### THE INPUT:

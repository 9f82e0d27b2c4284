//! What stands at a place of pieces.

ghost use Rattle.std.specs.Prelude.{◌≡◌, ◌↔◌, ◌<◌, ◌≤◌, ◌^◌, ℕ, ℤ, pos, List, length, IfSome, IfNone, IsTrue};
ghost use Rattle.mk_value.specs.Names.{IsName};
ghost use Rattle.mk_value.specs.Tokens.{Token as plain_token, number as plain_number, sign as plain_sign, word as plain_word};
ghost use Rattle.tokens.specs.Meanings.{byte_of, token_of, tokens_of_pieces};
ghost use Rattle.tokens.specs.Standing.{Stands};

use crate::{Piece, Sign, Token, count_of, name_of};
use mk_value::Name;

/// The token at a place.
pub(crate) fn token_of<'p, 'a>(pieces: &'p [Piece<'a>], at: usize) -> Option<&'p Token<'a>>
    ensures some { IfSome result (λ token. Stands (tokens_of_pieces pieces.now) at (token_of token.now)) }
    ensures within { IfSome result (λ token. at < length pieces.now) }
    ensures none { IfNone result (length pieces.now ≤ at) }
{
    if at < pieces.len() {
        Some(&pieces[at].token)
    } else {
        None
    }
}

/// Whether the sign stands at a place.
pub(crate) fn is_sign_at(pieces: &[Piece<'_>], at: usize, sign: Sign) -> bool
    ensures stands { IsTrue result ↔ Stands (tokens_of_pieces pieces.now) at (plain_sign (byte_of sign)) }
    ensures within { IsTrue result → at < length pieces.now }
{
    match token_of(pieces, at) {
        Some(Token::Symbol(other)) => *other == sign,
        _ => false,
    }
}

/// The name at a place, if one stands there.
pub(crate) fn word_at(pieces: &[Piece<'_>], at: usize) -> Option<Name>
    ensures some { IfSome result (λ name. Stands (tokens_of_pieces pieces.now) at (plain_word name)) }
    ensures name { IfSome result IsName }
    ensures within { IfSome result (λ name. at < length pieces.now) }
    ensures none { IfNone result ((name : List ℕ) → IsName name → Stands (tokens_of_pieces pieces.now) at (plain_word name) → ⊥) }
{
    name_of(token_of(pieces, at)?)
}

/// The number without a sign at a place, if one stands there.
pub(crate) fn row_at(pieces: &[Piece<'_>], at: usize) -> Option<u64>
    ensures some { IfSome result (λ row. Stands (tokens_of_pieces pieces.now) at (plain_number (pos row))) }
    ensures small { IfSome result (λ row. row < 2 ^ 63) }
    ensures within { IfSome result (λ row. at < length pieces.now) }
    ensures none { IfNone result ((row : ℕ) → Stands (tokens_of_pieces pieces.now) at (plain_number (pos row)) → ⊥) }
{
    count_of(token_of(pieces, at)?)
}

### ACTION ITEM:
Go through the records and report each line that contains "Option".

### TASK SOLUTION:
pub(crate) fn token_of<'p, 'a>(pieces: &'p [Piece<'a>], at: usize) -> Option<&'p Token<'a>>
pub(crate) fn word_at(pieces: &[Piece<'_>], at: usize) -> Option<Name>
pub(crate) fn row_at(pieces: &[Piece<'_>], at: usize) -> Option<u64>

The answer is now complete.